Oil was lifted Monday as news reports said two Libyan ports had halted oil loadings as a result of a shutdown of the Sharara oil field, the nation’s largest. Covid-19 lockdowns in China, meanwhile, have held the market back. “Clearly, the regional lockdowns that we are seeing have lasted longer than many were anticipating, and so this will have a bigger impact on oil demand in the short term.
This weaker demand helps to reduce the tightness that we are currently seeing in the market,” said Warren Patterson, head of commodities strategy at ING, in a note. West Texas Intermediate crude for May delivery fell 5.2% to settle at $102.56 a barrel on the New York Mercantile Exchange. June Brent crude, the global benchmark, dropped 5.2% to $107.25 a barrel on ICE Futures Europe.
Major currencies were mixed against the US dollar in European and US trade. The Euro rose from lows near US$1.0770 to highs near US$1.0810 and was near US$1.0790 at the US close. The
Aussie dollar fell from highs near US73.97 cents to lows near US73.50 cents and was near US73.75 cents at the US close. And the Japanese yen eased from 127.80 yen per US dollar to JPY128.96 and was near JPY128.88 at the US close.
European sharemarkets were weaker on Tuesday. Rising bond yields and worries about the war in Ukraine weighed on investor sentiment. Defensive sectors like healthcare and consumer staples
led declines although energy rose by 0.5%. The pan-European STOXX 600 index lost 0.8%. The German Dax fell by 0.1% and the UK FTSE lost 0.2%. In London trade, shares of Rio Tinto fell by
1.1% and BHP shares fell by 0.5%.
Earlier Tuesday, Chinese stocks remained under pressure amid rising concerns over an economic slowdown in the second quarter. The benchmark Shanghai Composite Index inched down less than 0.1%, while the Shenzhen Composite Index slipped 0.1%. The tech-heavy ChiNext Price Index suffered the biggest drop, losing 1.4%. Consumer goods companies such as cosmetics makers, home appliance sellers and furniture firms led the downturn. Chip makers and electronics suppliers further weighed.

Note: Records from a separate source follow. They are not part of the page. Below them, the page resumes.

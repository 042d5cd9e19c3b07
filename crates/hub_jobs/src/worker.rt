//! A job, and the worker that does it.

ghost use Rattle.std.specs.Prelude.{◌≤◌};
ghost use Rattle.epoch_gate.specs.Books.{start_of};
ghost use Rattle.hub_core.specs.Book.{Book};
ghost use Rattle.shared_hub.specs.Passing.{book_by};
ghost use Rattle.shared_hub.specs.Wanting.{blank};
ghost use Rattle.tick_desk.specs.Clocked.{ticks_in, without};

use crate::at_once::Task;
use epoch_gate::Named;
use host_clock::Clock;
use hub_core::{Desk, Holding};
use shared_hub::{Outset, PassDesk};
use site_caps::SiteDriver;
use std::alloc::Global;
use std::sync::Wait;
use std::sync::ledger::Ledger;
use tick_desk::TickDesk;

/// What one thread does with a desk whose history others share.
pub trait Job {
    ghost ready: { Self → Type 0 };

    ghost does: { Book → Book → Self → Self → Type 0 };

    /// Does it.
    fn work<D: Desk>(&mut self, alloc: Global, desk: &mut D)
        requires { ready self.old }
        ensures { does (D.book desk.old) (D.book desk.new) self.old self.new };
}

/// A job, with the desk that it is done by, which has a clock of its own.
#[derive(Drop)]
pub struct Worker<
    'a,
    H: Holding,
    C: SiteDriver + Drop,
    N: Named<Outset<H, C>>,
    L: Ledger,
    R: Wait,
    T: Clock + Drop,
    J: Drop,
> {
    pub alloc: Global,
    pub desk: TickDesk<PassDesk<'a, H, C, N, L, R>, T>,
    pub job: J,
}

impl<
    'a,
    H: Holding,
    C: SiteDriver + Drop,
    N: Named<Outset<H, C>>,
    L: Ledger,
    R: Wait,
    T: Clock + Drop,
    J: Job + Drop,
> Task for Worker<'a, H, C, N, L, R, T, J> {
    ghost ready = { λ worker. J.ready worker.job };

    ghost does = { λ old new. J.does
        (without old.desk.ticks (book_by C.Law.law (start_of blank N.start).start old.desk.desk))
        (without new.desk.ticks (book_by C.Law.law (start_of blank N.start).start new.desk.desk))
        old.job new.job × (new.desk.ticks ≤ ticks_in new.desk.desk.seen) };

    fn run(&mut self) {
        self.job.work(self.alloc, &mut self.desk);
        // What the desk knows of its own ticks.
        let _ticks = self.desk.ticks();
    }
}
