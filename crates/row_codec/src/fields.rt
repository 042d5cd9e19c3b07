//! Fields and lists of rows: one loop that reads, and one that writes, for every type of item.

ghost use Rattle.std.specs.Prelude.{◌≡◌, ◌++◌, ◌≤◌, ◌<◌, ℕ, length, OnOk};
ghost use Rattle.row_formats.specs.Gives.{GivesRead};
ghost use Rattle.row_formats.specs.Format.{list};

use host_base::Memory;
use plain_data::List;
use row_formats::{ReadError, Reader, Writer};
use std::alloc::Global;

/// A type whose values are fields of rows.
pub trait RowField: Sized {
    ghost use Rattle.row_formats.specs.Format.{Format};

    /// The format of a field.
    ghost format: { Format Self };

    /// Reads a field.
    fn read_field(alloc: Global, reader: &mut Reader) -> Result<Self, ReadError>
        ensures { GivesRead (λ x. x) result reader.new (format.read reader.old) };

    /// Writes a field. What has a field's type fits its format.
    fn write_field(&self, writer: &mut Writer) -> Result<(), Memory>
        ensures written { OnOk result (writer.new ≡ writer.old ++ format.write self.now) }
        ensures fits { OnOk result (format.fits self.now) };
}

/// Reads a list: a count of at most a limit, and so many items. No memory is taken for an item before it was read.
///
/// # Errors
/// `BadField` at the count, where it is above the limit, and the first fault of an item.
pub fn read_list<T: RowField + Drop>(
    alloc: Global,
    reader: &mut Reader,
    limit: u16,
) -> Result<List<T>, ReadError>
    ensures { GivesRead (λ items. items) result reader.new ((list limit T.format).read reader.old) }
{
    let count = reader.count(limit)?;
    let mut items = List::empty(alloc);
    for _ in 0..count {
        let item = T::read_field(alloc, reader)?;
        items.push(item)?;
    }
    Ok(items)
}

/// Writes a list: its count, and the items. Any limit on a list is written alike. Of a list above every limit the lowest sixteen
/// bits of its length stand as the count.
pub fn write_list<T: RowField>(writer: &mut Writer, whole: &List<T>) -> Result<(), Memory>
    ensures written { OnOk result ((limit : ℕ)
        → writer.new ≡ writer.old ++ (list limit T.format).write whole.now) }
    ensures fits { OnOk result ((limit : ℕ) → length whole.now ≤ limit → limit < 65536
        → (list limit T.format).fits whole.now) }
{
    write_slice(writer, whole.as_slice())
}

/// Writes a slice as a list, in the same way.
pub fn write_slice<T: RowField>(writer: &mut Writer, items: &[T]) -> Result<(), Memory>
    ensures written { OnOk result ((limit : ℕ)
        → writer.new ≡ writer.old ++ (list limit T.format).write items.now) }
    ensures fits { OnOk result ((limit : ℕ) → length items.now ≤ limit → limit < 65536
        → (list limit T.format).fits items.now) }
{
    writer.count(items.len())?;
    for item in items {
        item.write_field(writer)?;
    }
    Ok(())
}
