//! What threads do at once.

ghost use Rattle.std.specs.Prelude.{All};
ghost use Rattle.hub_jobs.specs.Inner.{Each};

use std::thread;
use std::thread::Threads;

/// What one thread does.
pub trait Task {
    ghost ready: { Self → Type 0 };

    ghost does: { Self → Self → Type 0 };

    fn run(&mut self)
        requires { ready self.old }
        ensures { does self.old self.new };
}

/// Does all tasks at once, each on a thread of its own.
pub fn run_all<T: Task + Send, R: Threads + Sync>(rt: &R, tasks: &mut [T])
    requires { All T.ready tasks.old }
    ensures { Each T.does tasks.old tasks.new }
{
    let threads = tasks.len().max(1);
    thread::for_each_mut(rt, tasks, threads, &|_, task| task.run());
}
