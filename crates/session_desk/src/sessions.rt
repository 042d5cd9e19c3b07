ghost use Rattle.std.specs.Prelude.{◌≡◌, ◌<◌, ◌-◌, ◌^◌, Some, None, MatchResult, length, true, false};
ghost use Rattle.share_graph.specs.declared.fault.Kind.TheVariants as kind;
ghost use Rattle.share_graph.specs.declared.refusal.Refusal.TheVariants as refusal;
ghost use Rattle.desk_base.specs.Terms.{IsOne, IsSolutionOf, IsWellFormed, none};
ghost use Rattle.share_graph.specs.Rows.{IsSession};
ghost use Rattle.desk_base.specs.Fitting.{RowFits};
ghost use Rattle.desk_base.specs.Outcomes.{IsCarriedExactly};
ghost use Rattle.session_desk.specs.Calling.{NamesGrain};
ghost use Rattle.session_desk.specs.Commands.{OpenSession, CloseSession};
ghost use Rattle.session_desk.specs.Rows.{session_limit};

use crate::callers::{actor_of, caller_root};
use desk_base::{Answer, BLANK, Draft, NOTHING, Outcome, Stop, has_room};
use host_base::{GrainId, SessionId};
use least_access::Solved;
use share_graph::{
    Caller, Event, Kind, Made, Refusal, Root, Session, State, session as find_session,
};
use state_step::ROOT_SESSIONS;

// Whether a root may open one more session. Where it has 32 open ones it may, since one of its own is closed for that.
fn has_session_room(state: &State, root: Root) -> Result<(), Refusal>
    ensures { let over = session_limit state.now root in
        MatchResult result (λ _. over ≡ None) (λ refusal. over ≡ Some refusal) }
{
    if state.sessions.open_of(root) >= ROOT_SESSIONS {
        return Ok(());
    }
    has_room(Kind::Session, state.sessions.open_count() as u64)
}

/// Opens a session, whose key is drawn: on the grain that a login names and has access to, or on that of a bearer's
/// grant. Its tab is the named one, else its own number. The reply shows its number.
pub fn open_session(
    state: &State,
    solved: &Solved,
    caller: &Caller,
    num: Option<GrainId>,
    tab: Option<u64>,
) -> Answer
    requires formed { IsWellFormed state.now }
    requires few { length state.now.sessions < 2 ^ 32 - 1 }
    requires solution { IsSolutionOf state.now.tables solved.now }
    requires named { NamesGrain caller.now num }
    ensures row { IsCarriedExactly (OpenSession state.now caller.now num tab) result }
    ensures one { IsOne (OpenSession state.now caller.now num tab) }
    ensures fits { RowFits state.now true (OpenSession state.now caller.now num tab) }
{
    let actor = actor_of(state, solved, caller, num)?;
    has_session_room(state, actor.root)?;
    let next = state.sessions.as_slice().len() as u32 + 1;
    let session = Session {
        num: SessionId(next),
        digest: BLANK,
        grain: actor.grain,
        root: actor.root,
        tab: tab.unwrap_or(u64::from(next)),
        closed: false,
    };
    let made = Made {
        session: Some(next),
        ..NOTHING
    };
    let event = Event::SessionOpened(session);
    Ok(Outcome::Draft(Draft { event, made }))
}

// The session of a number.
fn known_session(state: &State, num: SessionId) -> Result<&Session, Refusal>
    ensures { MatchResult result (λ row. IsSession state.now num row.now)
        (none (IsSession state.now num) (refusal.Unknown kind.Session num.0)) }
{
    find_session(state, num).ok_or(Refusal::Unknown(Kind::Session, num.0))
}

/// Closes a session, which whoever it acts as may: the account of a login, or the bearer of a grant. Where it is closed
/// nothing is to be done.
#[tactic(auto, using(crate::proofs::OneRows::close_session_one, crate::proofs::FitRows::close_session_fits))]
pub fn close_session(state: &State, solved: &Solved, caller: &Caller, num: SessionId) -> Answer
    requires formed { IsWellFormed state.now }
    requires solution { IsSolutionOf state.now.tables solved.now }
    ensures row { IsCarriedExactly (CloseSession state.now caller.now num) result }
    ensures one { IsOne (CloseSession state.now caller.now num) }
    ensures fits { RowFits state.now false (CloseSession state.now caller.now num) }
{
    let root = caller_root(state, solved, caller)?;
    let session = known_session(state, num)?;
    if session.root != root {
        return Err(Stop::Refused(Refusal::NotOwner(session.grain)));
    }
    if session.closed {
        return Err(Stop::Same(NOTHING));
    }
    Ok(Outcome::Change(Event::SessionClosed(num), NOTHING))
}
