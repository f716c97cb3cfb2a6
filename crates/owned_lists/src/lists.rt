ghost use Rattle.std.specs.Prelude.{◌≡◌, List, [], ◌∷◌, ◌++◌, IfOk, OnOk, OnErr};

use crate::{Command, NoMemory, Octets};
use std::alloc::Global;
use std::marker::Model;

/// A value of which there can be a second one where memory allows it.
pub trait Duplicate: Sized {
    /// An equal value in memory of its own.
    fn copy(&self) -> Result<Self, NoMemory>
        ensures { IfOk result (λ twin. twin ≡ self.now) };
}

/// A list that grows at its end.
#[derive(Debug, Drop)]
pub struct ListOf<T: Drop> {
    items: Vec<T>,
}

pub type OctetsList = ListOf<Octets>;

pub type PairList = ListOf<(Octets, Octets)>;

pub type CommandList = ListOf<Command>;

pub type NumberList = ListOf<u64>;

impl<T: Drop> Model for ListOf<T> {
    ghost Value = { List T };

    ghost view = { λ list. list.items.items };
}

impl<T: Drop> ListOf<T> {
    /// No items; this takes no memory.
    pub fn new(alloc: Global) -> ListOf<T>
        ensures { result ≡ [] }
    {
        ListOf {
            items: Vec::new(alloc),
        }
    }

    /// The same items in the same memory.
    pub fn from_vec(items: Vec<T>) -> ListOf<T>
        ensures { result ≡ items.items }
    {
        ListOf { items }
    }

    /// Gives the items back in their memory.
    pub fn into_vec(self) -> Vec<T>
        ensures { result.items ≡ self }
    {
        let ListOf { items } = self;
        items
    }

    /// Adds an item at the end. A refused push drops the item.
    pub fn push(&mut self, item: T) -> Result<(), NoMemory>
        ensures ok { OnOk result (self.new ≡ self.old ++ item ∷ []) }
        ensures err { OnErr result (self.new ≡ self.old) }
    {
        self.items.push(item)?;
        Ok(())
    }

    pub fn as_slice(&self) -> &[T]
        ensures { result.now ≡ self.now }
    {
        self.items.as_slice()
    }
}

impl<T: Duplicate + Drop> Duplicate for ListOf<T> {
    fn copy(&self) -> Result<ListOf<T>, NoMemory> {
        let mut twin = ListOf::new(*self.items.allocator());
        for item in self.as_slice() {
            twin.push(item.copy()?)?;
        }
        Ok(twin)
    }
}

impl Duplicate for u32 {
    fn copy(&self) -> Result<u32, NoMemory> {
        Ok(*self)
    }
}

impl Duplicate for u64 {
    fn copy(&self) -> Result<u64, NoMemory> {
        Ok(*self)
    }
}

impl Duplicate for (Octets, Octets) {
    fn copy(&self) -> Result<(Octets, Octets), NoMemory> {
        Ok((self.0.copy()?, self.1.copy()?))
    }
}
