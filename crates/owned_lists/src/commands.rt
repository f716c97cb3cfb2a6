use crate::{Duplicate, NoMemory, Octets, OctetsList, PairList};

/// A command line with where and in what environment it is run.
#[derive(Debug, Drop)]
pub struct Command {
    /// The program, then its arguments.
    pub words: OctetsList,
    /// The folder to run it in; empty where none is set.
    pub directory: Octets,
    /// Names and values that are set over the inherited environment.
    pub environment: PairList,
}

impl Duplicate for Command {
    fn copy(&self) -> Result<Command, NoMemory> {
        Ok(Command {
            words: self.words.copy()?,
            directory: self.directory.copy()?,
            environment: self.environment.copy()?,
        })
    }
}
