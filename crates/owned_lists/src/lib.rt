//! What is held in memory of its own: bytes, lists, command lines, how they are copied, and want of memory.
#![tactic(auto)]

mod bytes;
mod commands;
mod failures;
mod lists;

pub use bytes::Octets;
pub use commands::Command;
pub use failures::NoMemory;
pub use lists::{CommandList, Duplicate, ListOf, NumberList, OctetsList, PairList};
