//! A frame of the line.
ghost use Rattle.std.specs.Prelude.{◌≤◌, length};

use crate::fate::{Fate, FateLent};
use arrayvec::ArrayVec;

/// An end of the line.
#[derive(Clone, Copy, PartialEq, Eq)]
pub enum End {
    Handheld,
    Desktop,
}

/// What was sent over the line at one time: a packet with a fragment, by one of the two ends.
#[derive(Drop)]
pub struct Frame {
    /// Its number among the frames of both ends in the order of sending, from 1 on.
    pub number: u64,
    /// Who sent it.
    pub from: End,
    /// What the line did with it.
    pub fate: Fate,
    /// Whether the other end took its bytes, undamaged, before the run ended.
    pub came: bool,
    /// The packet as it was sent.
    pub bytes: ArrayVec<u8, 1040>,
}

/// A frame whose bytes lie elsewhere.
#[derive(Clone, Copy)]
pub struct FrameLent<'a> {
    pub number: u64,
    pub from: End,
    pub fate: FateLent<'a>,
    pub came: bool,
    pub bytes: &'a [u8],
    ghost short: { length bytes.now ≤ 1040 },
}

impl Frame {
    ghost use Rattle.std.specs.Prelude.{◌≡◌};
    ghost use Rattle.trace_text.specs.Lent.{lent_frame};
    ghost use Rattle.trace_text.specs.TraceLines.{frame_value};

    /// The frame, with its bytes where they lie.
    pub fn lent(&self) -> FrameLent<'_>
        ensures { lent_frame result ≡ frame_value self.now }
    {
        FrameLent {
            number: self.number,
            from: self.from,
            fate: self.fate.lent(),
            came: self.came,
            bytes: self.bytes.as_slice(),
        }
    }
}
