// The packets in a stream of bytes as text.
ghost use Rattle.std.specs.Prelude.{◌≡◌, ◌++◌, ◌∷◌, [], List, ℕ, IfOk, OnOk, length, map, string_bytes};
ghost use Rattle.std.specs.List.{AllZip};
ghost use Rattle.slp_frames.specs.PacketScan.{scan};
ghost use Rattle.slp_frames.specs.Streams.{IsDrained};
ghost use Rattle.trace_text.specs.PacketLines.{ShowsPacket};
ghost use Rattle.trace_text.specs.PacketLists.{IsShown, ShowsPackets, count_line, lines_text};

use crate::packet::show_packet;
use slp_frames::SlpReader;
use std::alloc::{AllocError, Global};
use std::fmt::Write;

/// What a stream of bytes holds, in words: a line for each of its packets, in order, and then `packets K`.
pub fn show_packets(alloc: Global, bytes: &[u8]) -> Result<String, AllocError>
    ensures { IfOk result (λ text. ShowsPackets (scan bytes.now) (string_bytes text)) }
{
    let lines = packet_lines(alloc, bytes)?;
    let text = joined(alloc, &lines)?;
    Ok(text)
}

// A line for each packet of a stream.
fn packet_lines(alloc: Global, bytes: &[u8]) -> Result<Vec<String>, AllocError>
    ensures { IfOk result (λ lines. AllZip ShowsPacket (scan bytes.now)
        (map string_bytes lines.items)) }
{
    let mut lines = Vec::new(alloc);
    let mut reader = SlpReader::new();
    let mut rest = bytes;
    while !rest.is_empty() {
        let count = reader.feed(rest);
        rest = &rest[count..];
        push_held(alloc, &mut reader, &mut lines)?;
    }
    Ok(lines)
}

// A line for each packet that the reader holds.
fn push_held(
    alloc: Global,
    reader: &mut SlpReader,
    lines: &mut Vec<String>,
) -> Result<(), AllocError>
    ensures shown { OnOk result ((taken : List ℕ) →
        IsShown taken (map string_bytes lines.old.items) reader.old.held
        → IsShown taken (map string_bytes lines.new.items) reader.new.held) }
    ensures drained { OnOk result (IsDrained reader.new.held) }
{
    while let Some(packet) = reader.next() {
        let line = show_packet(alloc, &packet)?;
        lines.push(line)?;
    }
    Ok(())
}

// The lines, each with its end, and then how many there are.
fn joined(alloc: Global, lines: &[String]) -> Result<String, AllocError>
    ensures { IfOk result (λ text. string_bytes text ≡ lines_text (map string_bytes lines.now)
        ++ count_line (length lines.now)) }
{
    let mut text = String::new(alloc);
    for line in lines {
        text.push_str(line.as_str())?;
        text.push_str("\n")?;
    }
    let count = lines.len();
    text.push_str("packets ")?;
    write!(text, "{count}\n")?;
    Ok(text)
}
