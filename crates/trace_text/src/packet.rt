// A packet as text.
ghost use Rattle.std.specs.Prelude.{◌≡◌, ◌++◌, IfOk, OnOk, string_bytes};
ghost use Rattle.slp_frames.specs.PacketValues.{lent_value};
ghost use Rattle.padp_link.specs.FragmentValues.{fragment_value};
ghost use Rattle.trace_text.specs.PacketLines.{ShowsPacket, ShowsBody, fragment_words, body_words, header_words, kind_word as word_of};

use padp_link::{Fragment, PadpKind, read_fragment};
use slp_frames::PacketLent;
use std::alloc::{AllocError, Global};
use std::fmt::Write;

/// What a packet is, in words: `slp DEST SOURCE TYPE id ID` in decimal, and then its body. Where that is a
/// fragment, it is ` padp KIND FLAGS SIZE data N`, with the kind `data`, `ack`, `tickle` or `abort`, the flags
/// in two hexadecimal digits and the number of the bytes of a message; else it is ` body N`.
pub fn show_packet(alloc: Global, packet: &PacketLent<'_>) -> Result<String, AllocError>
    ensures { IfOk result (λ text. ShowsPacket (lent_value packet.now) (string_bytes text)) }
{
    let mut text = header_words(alloc, packet)?;
    let body = show_body(alloc, packet.body)?;
    text.push_str(body.as_str())?;
    Ok(text)
}

#[tactic(auto, unfolding(crate::specs::PacketLines::header_words))]
fn header_words(alloc: Global, packet: &PacketLent<'_>) -> Result<String, AllocError>
    ensures { IfOk result (λ text. string_bytes text ≡ header_words (lent_value packet.now)) }
{
    let (dest, source, kind, id) = (packet.dest, packet.source, packet.kind, packet.id);
    let mut text = String::from_str(alloc, "slp ")?;
    write!(text, "{dest} {source} {kind} id {id}")?;
    Ok(text)
}

fn show_body(alloc: Global, body: &[u8]) -> Result<String, AllocError>
    ensures { IfOk result (λ text. ShowsBody body.now (string_bytes text)) }
{
    match read_fragment(body) {
        Ok(fragment) => fragment_words(alloc, &fragment),
        Err(_) => body_words(alloc, body),
    }
}

#[tactic(auto, unfolding(crate::specs::PacketLines::fragment_words))]
fn fragment_words(alloc: Global, fragment: &Fragment<'_>) -> Result<String, AllocError>
    ensures { IfOk result (λ text. string_bytes text
        ≡ fragment_words (fragment_value fragment.now)) }
{
    let flags = hex::encode(alloc, [fragment.flags])?;
    let (size, len) = (fragment.size, fragment.bytes.len());
    let mut text = String::from_str(alloc, " padp ")?;
    text.push_str(kind_word(fragment.kind))?;
    text.push_str(" ")?;
    text.push_str(flags.as_str())?;
    write!(text, " {size} data {len}")?;
    Ok(text)
}

fn body_words(alloc: Global, body: &[u8]) -> Result<String, AllocError>
    ensures { IfOk result (λ text. string_bytes text ≡ body_words body.now) }
{
    let len = body.len();
    let mut text = String::from_str(alloc, " body ")?;
    write!(text, "{len}")?;
    Ok(text)
}

fn kind_word(kind: PadpKind) -> &'static str
    ensures { result.now ≡ word_of kind }
{
    match kind {
        PadpKind::Data => "data",
        PadpKind::Ack => "ack",
        PadpKind::Tickle => "tickle",
        PadpKind::Abort => "abort",
    }
}
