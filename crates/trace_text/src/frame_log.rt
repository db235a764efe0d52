//! The frames of a line, in little memory.
ghost use Rattle.std.specs.Prelude.{◌≡◌, ◌⊎◌, ◌+◌, ◌^◌, ◌≤◌, ◌<◌, ◌++◌, [], OnErr, OnOk, length, vec_capacity, vec_len};
ghost use Rattle.trace_text.specs.FrameEntries.{IsWithin, frame_at};
ghost use Rattle.trace_text.specs.FrameLogs.{Adds, IsFrameAt, byte_count, KeepsRoom, marked};
ghost use Rattle.trace_text.specs.Lent.{lent_fate, lent_frame};
ghost use Rattle.trace_text.specs.TraceLines.{frame_value};

use crate::fate::{FateKind, FateLent};
use crate::frame::{End, FrameLent};
use std::alloc::{AllocError, Global};
use std::marker::Model;

/// The frames of a line in the order of sending: the bytes of all of them one behind the other, and a short entry for each.
#[derive(Drop)]
pub struct FrameLog {
    entries: Vec<Entry>,
    bytes: Vec<u8>,
}

/// All of a frame but its bytes, and where these stand: from `start` on those of its fate, and from `middle` to `end` its own.
#[derive(Clone, Copy)]
struct Entry {
    from: End,
    kind: FateKind,
    came: bool,
    start: usize,
    middle: usize,
    end: usize,
}

impl Model for FrameLog {
    ghost use Rattle.std.specs.Prelude.{vec_capacity, vec_len};
    ghost use Rattle.trace_text.specs.FrameLogs.{FrameLogValue};

    ghost Value = { FrameLogValue };

    ghost use Rattle.trace_text.specs.FrameEntries.{AllWithin, frames_in};

    ghost view = { λ log. record {
      items = frames_in log.bytes.items 1 log.entries.items;
      room = vec_capacity log.entries;
      byte_room = vec_capacity log.bytes;
    } };

    ghost invariant = { λ log. AllWithin 0 log.entries.items (vec_len log.bytes) };
}

impl FrameLog {
    /// No frames. It takes no memory.
    pub fn new(alloc: Global) -> FrameLog
        ensures { result.items ≡ [] }
    {
        FrameLog {
            entries: Vec::new(alloc),
            bytes: Vec::new(alloc),
        }
    }

    /// How many frames there are.
    pub fn len(&self) -> usize
        ensures count { result ≡ length self.now.items }
        ensures few { result < 2 ^ 63 }
    {
        self.entries.len()
    }

    /// The frame behind so many.
    pub fn get(&self, place: usize) -> FrameLent<'_>
        requires { place < length self.now.items }
        ensures { IsFrameAt self.now.items place (lent_frame result) }
    {
        frame_in(&self.bytes, place, self.entries[place])
    }

    /// One frame more, of this end, with this fate and these bytes, that didn't come yet. Memory runs out only where the entries
    /// outgrow their room, or where the bytes have less room left than one frame may take.
    pub fn push(&mut self, from: End, fate: FateLent<'_>, bytes: &[u8]) -> Result<(), AllocError>
        requires { length bytes.now ≤ 1040 }
        ensures ok { OnOk result
            (Adds from (lent_fate fate.entry) bytes.now self.old.items self.new.items) }
        ensures err { OnErr result (self.new.items ≡ self.old.items) }
        ensures room { KeepsRoom self.old self.new }
        ensures full { OnErr result ((self.old.room ≤ length self.old.items)
            ⊎ (self.old.byte_room < byte_count self.old.items + 2080)) }
    {
        self.entries.reserve(1)?;
        self.bytes.reserve(fate.bytes.len() + bytes.len())?;
        let start = self.bytes.len();
        append(&mut self.bytes, fate.bytes);
        let middle = self.bytes.len();
        append(&mut self.bytes, bytes);
        let end = self.bytes.len();
        let _added = self
            .entries
            .push(Entry {
                from,
                kind: fate.kind,
                came: false,
                start,
                middle,
                end,
            })
            .is_ok();
        Ok(())
    }

    /// Marks the frame behind so many: it came.
    pub fn mark(&mut self, place: usize)
        requires { place < length self.old.items }
        ensures { self.new ≡ record self.old { items = marked place self.old.items } }
    {
        self.entries[place].came = true;
    }
}

// The frame behind so many that an entry is over these bytes.
fn frame_in(bytes: &[u8], place: usize, entry: Entry) -> FrameLent<'_>
    requires within { IsWithin (length bytes.now) entry }
    requires few { place < 2 ^ 63 }
    ensures { lent_frame result ≡ frame_value (frame_at bytes.now (place + 1) entry) }
{
    FrameLent {
        number: place as u64 + 1,
        from: entry.from,
        fate: FateLent {
            kind: entry.kind,
            bytes: &bytes[entry.start..entry.middle],
        },
        came: entry.came,
        bytes: &bytes[entry.middle..entry.end],
    }
}

// Appends bytes for which there is room.
fn append(bytes: &mut Vec<u8>, more: &[u8])
    requires { vec_len bytes.old + length more.now ≤ vec_capacity bytes.old }
    ensures items { bytes.new.items ≡ bytes.old.items ++ more.now }
    ensures len { vec_len bytes.new ≡ vec_len bytes.old + length more.now }
    ensures room { vec_capacity bytes.old ≤ vec_capacity bytes.new }
{
    let _fits = bytes.extend_from_slice(more).is_ok();
}
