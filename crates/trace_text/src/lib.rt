//! What goes over the serial link, as text: the packets that stand in captured bytes, and the frames of a trace, each with
//! its fate. `specs/Fates` says what becomes of a frame by its fate, `specs/Proper` what makes a trace proper.
//!
//! `show_packet` gives one line, without its end, of a packet that `slp_frames` found. A body that is a
//! fragment of `padp_link` is shown by its fields, another one by its length. `show_packets` gives the lines
//! of all packets that stand in some bytes, and then their number.
#![tactic(auto)]

mod fate;
mod frame;
mod frame_log;
mod packet;
mod packets;
mod trace;

pub use fate::{Fate, FateKind, FateLent};
pub use frame::{End, Frame, FrameLent};
pub use frame_log::FrameLog;
pub use packet::show_packet;
pub use packets::show_packets;
pub use trace::{write_frame, write_trace};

Hong Kong stocks fell sharply after returning from a long holiday weekend, with the benchmark Hang Seng Index shedding 2.3%. KGI Securities in a research note attributed the weakness to recent sluggish A share performance, China’s soft economic data for the first quarter, as well as rising U.S. Treasury yields. Japanese stocks were led higher by gains in electronics and auto stocks, as the USD/JPY hit a new 20-year high. The Nikkei Stock Average rose 0.7%. Investors remain focused on yen movements, ahead of the earnings season set to start later this week.